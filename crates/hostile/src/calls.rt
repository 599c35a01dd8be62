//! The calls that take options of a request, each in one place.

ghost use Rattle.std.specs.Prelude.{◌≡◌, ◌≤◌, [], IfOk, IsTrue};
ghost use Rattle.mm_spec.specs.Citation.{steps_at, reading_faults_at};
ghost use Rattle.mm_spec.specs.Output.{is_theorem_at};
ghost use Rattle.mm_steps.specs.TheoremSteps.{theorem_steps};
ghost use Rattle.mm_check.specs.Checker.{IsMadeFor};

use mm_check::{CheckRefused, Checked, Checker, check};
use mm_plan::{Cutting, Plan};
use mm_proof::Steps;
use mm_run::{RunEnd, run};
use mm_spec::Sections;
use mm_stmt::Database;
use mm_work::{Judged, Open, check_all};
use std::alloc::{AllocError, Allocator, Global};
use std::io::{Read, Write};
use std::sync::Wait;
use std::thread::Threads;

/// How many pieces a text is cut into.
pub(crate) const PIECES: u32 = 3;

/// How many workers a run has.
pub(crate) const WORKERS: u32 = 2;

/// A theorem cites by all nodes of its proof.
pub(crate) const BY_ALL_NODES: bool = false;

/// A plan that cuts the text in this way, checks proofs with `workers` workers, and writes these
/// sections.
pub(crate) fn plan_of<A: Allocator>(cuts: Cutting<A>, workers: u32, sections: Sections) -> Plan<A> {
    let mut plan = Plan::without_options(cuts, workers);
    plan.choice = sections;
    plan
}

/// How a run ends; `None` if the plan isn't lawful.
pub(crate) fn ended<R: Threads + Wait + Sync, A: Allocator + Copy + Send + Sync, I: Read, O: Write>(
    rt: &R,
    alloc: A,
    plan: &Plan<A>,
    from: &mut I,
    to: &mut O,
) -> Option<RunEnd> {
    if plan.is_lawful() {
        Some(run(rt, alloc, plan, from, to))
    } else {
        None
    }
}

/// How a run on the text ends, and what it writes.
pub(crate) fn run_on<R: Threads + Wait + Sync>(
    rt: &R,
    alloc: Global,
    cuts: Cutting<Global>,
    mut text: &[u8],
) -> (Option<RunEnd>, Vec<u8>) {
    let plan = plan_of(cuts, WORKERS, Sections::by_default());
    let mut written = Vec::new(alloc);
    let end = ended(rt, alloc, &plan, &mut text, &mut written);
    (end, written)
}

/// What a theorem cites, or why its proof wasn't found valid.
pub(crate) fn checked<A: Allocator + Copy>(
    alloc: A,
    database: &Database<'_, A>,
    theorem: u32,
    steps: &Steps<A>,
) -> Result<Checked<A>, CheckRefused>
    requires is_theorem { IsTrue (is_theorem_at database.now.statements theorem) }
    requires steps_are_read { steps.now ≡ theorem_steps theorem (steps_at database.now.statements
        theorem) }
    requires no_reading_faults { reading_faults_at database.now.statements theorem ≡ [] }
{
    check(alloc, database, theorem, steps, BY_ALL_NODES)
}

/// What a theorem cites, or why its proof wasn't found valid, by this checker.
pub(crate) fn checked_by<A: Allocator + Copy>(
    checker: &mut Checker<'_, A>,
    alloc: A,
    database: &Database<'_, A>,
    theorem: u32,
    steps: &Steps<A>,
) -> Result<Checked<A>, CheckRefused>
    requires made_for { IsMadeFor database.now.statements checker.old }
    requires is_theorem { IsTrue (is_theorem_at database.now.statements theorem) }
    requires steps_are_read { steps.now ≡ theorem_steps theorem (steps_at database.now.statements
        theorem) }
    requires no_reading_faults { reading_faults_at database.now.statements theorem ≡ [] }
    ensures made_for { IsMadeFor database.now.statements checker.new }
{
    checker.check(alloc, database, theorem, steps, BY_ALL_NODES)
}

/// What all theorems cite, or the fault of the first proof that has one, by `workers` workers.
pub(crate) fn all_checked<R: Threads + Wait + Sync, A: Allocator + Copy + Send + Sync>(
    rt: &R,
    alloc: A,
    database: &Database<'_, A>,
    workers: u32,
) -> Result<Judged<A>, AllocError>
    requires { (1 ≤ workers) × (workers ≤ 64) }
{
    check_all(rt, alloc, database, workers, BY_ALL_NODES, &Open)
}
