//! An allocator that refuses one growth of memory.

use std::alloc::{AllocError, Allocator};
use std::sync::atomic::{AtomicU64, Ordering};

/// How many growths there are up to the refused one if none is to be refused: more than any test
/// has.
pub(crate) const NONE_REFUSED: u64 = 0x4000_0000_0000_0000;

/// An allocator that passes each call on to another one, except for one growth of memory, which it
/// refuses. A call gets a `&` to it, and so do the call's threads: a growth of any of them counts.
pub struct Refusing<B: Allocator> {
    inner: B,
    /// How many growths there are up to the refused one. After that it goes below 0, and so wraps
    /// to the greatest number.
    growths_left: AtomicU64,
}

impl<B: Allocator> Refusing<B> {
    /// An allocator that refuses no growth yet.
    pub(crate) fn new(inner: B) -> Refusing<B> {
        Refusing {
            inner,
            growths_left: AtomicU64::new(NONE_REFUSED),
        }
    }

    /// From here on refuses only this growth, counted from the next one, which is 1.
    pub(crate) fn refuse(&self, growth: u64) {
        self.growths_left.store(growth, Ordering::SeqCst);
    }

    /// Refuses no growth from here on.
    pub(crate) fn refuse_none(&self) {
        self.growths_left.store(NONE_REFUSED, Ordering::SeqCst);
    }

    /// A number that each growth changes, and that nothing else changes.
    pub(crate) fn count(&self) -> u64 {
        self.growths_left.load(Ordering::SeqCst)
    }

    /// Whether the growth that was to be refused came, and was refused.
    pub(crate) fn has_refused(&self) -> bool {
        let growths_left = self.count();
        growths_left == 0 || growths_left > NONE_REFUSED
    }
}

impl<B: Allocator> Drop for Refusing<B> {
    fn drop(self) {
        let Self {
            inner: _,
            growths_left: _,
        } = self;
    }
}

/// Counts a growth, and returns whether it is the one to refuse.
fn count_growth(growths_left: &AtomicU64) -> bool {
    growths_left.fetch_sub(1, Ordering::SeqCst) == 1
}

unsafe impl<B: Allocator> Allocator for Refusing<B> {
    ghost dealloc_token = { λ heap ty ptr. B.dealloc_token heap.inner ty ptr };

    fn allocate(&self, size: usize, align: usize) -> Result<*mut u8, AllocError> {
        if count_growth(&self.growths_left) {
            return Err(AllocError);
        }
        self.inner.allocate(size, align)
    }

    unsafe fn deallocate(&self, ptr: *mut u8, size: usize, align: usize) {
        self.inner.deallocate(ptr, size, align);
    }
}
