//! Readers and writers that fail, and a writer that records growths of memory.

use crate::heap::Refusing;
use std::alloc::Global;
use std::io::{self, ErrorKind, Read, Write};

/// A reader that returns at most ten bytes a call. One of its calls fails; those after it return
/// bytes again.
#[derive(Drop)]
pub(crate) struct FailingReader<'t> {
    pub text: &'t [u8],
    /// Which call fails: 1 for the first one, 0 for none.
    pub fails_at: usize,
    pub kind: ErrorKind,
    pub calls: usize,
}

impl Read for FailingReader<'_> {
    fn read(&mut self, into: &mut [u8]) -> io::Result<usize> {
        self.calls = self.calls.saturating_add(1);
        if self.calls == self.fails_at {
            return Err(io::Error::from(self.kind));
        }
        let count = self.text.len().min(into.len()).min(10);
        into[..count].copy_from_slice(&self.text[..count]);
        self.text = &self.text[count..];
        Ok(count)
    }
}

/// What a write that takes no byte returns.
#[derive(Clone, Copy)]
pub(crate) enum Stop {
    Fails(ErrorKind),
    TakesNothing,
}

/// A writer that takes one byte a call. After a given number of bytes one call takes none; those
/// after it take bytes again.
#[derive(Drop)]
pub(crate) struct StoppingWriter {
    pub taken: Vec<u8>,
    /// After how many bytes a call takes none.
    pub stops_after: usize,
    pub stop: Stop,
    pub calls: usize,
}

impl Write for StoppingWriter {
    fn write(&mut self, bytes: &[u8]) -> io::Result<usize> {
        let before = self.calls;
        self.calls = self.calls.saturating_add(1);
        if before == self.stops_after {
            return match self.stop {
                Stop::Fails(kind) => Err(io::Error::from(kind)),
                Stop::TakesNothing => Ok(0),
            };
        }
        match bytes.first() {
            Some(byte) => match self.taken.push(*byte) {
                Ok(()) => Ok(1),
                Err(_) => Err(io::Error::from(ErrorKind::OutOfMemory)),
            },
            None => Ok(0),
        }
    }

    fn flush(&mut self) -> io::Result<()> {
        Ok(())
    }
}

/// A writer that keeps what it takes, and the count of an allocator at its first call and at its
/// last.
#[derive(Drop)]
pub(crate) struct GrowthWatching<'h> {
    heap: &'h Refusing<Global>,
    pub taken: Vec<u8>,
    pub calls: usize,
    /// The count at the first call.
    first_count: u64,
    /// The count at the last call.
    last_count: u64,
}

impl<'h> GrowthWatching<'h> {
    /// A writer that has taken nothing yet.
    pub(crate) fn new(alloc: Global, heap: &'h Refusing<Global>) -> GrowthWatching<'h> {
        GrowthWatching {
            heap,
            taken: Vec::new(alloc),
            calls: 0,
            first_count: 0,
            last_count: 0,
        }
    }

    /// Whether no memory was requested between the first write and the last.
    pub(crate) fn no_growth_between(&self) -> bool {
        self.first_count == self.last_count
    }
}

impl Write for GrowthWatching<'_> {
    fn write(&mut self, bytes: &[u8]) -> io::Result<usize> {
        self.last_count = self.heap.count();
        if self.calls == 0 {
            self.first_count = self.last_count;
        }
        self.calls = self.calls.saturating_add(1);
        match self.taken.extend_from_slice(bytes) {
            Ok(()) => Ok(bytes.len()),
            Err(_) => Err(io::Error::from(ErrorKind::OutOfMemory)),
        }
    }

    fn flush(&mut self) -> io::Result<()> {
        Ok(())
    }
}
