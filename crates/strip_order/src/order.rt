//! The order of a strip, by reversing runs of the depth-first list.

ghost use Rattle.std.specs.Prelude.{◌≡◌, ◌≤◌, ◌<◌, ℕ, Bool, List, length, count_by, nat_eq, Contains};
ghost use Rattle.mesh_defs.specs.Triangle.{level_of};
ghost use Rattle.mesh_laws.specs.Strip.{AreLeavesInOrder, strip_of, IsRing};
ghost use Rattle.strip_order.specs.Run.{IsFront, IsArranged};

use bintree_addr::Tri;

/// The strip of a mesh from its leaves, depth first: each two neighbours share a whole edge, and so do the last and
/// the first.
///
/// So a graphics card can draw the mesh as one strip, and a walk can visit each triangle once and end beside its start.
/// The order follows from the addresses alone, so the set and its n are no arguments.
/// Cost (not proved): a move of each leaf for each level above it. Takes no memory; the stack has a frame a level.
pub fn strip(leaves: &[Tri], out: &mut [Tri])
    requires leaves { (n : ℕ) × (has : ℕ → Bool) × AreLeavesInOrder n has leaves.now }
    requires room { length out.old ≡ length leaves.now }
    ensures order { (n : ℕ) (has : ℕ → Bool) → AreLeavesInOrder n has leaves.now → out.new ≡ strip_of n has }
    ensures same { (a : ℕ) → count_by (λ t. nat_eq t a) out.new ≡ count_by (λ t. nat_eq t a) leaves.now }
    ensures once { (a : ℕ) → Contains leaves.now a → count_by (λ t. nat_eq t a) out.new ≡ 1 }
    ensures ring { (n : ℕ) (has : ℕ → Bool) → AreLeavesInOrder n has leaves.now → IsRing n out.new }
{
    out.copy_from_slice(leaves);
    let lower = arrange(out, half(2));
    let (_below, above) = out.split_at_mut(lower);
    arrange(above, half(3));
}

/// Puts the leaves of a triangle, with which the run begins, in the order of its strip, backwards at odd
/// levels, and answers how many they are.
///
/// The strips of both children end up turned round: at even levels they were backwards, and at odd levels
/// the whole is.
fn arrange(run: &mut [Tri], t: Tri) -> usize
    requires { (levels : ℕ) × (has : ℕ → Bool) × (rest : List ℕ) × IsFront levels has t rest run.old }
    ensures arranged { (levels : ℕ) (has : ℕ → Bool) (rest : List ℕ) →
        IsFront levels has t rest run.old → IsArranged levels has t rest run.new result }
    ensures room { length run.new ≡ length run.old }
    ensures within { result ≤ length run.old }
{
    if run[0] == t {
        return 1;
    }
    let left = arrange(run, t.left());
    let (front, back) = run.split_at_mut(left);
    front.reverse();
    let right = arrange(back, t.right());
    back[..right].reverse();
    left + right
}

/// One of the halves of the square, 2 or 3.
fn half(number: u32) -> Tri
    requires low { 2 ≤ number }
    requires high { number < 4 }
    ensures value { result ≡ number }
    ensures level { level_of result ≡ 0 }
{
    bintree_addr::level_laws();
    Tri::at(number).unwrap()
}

§ **Description of the task**
Please retype, with no changes, the lines that run from the first line of the entries to the line with "use std::sync::Wait;", both ends included.

§ **Exercise response**
filename crates/hostile/src/calls.rt
repository 599c35a01dd8be62
//! The calls that take options of a request, each in one place.

ghost use Rattle.std.specs.Prelude.{◌≡◌, ◌≤◌, [], IfOk, IsTrue};
ghost use Rattle.mm_spec.specs.Citation.{steps_at, reading_faults_at};
ghost use Rattle.mm_spec.specs.Output.{is_theorem_at};
ghost use Rattle.mm_steps.specs.TheoremSteps.{theorem_steps};
ghost use Rattle.mm_check.specs.Checker.{IsMadeFor};

use mm_check::{CheckRefused, Checked, Checker, check};
use mm_plan::{Cutting, Plan};
use mm_proof::Steps;
use mm_run::{RunEnd, run};
use mm_spec::Sections;
use mm_stmt::Database;
use mm_work::{Judged, Open, check_all};
use std::alloc::{AllocError, Allocator, Global};
use std::io::{Read, Write};
use std::sync::Wait;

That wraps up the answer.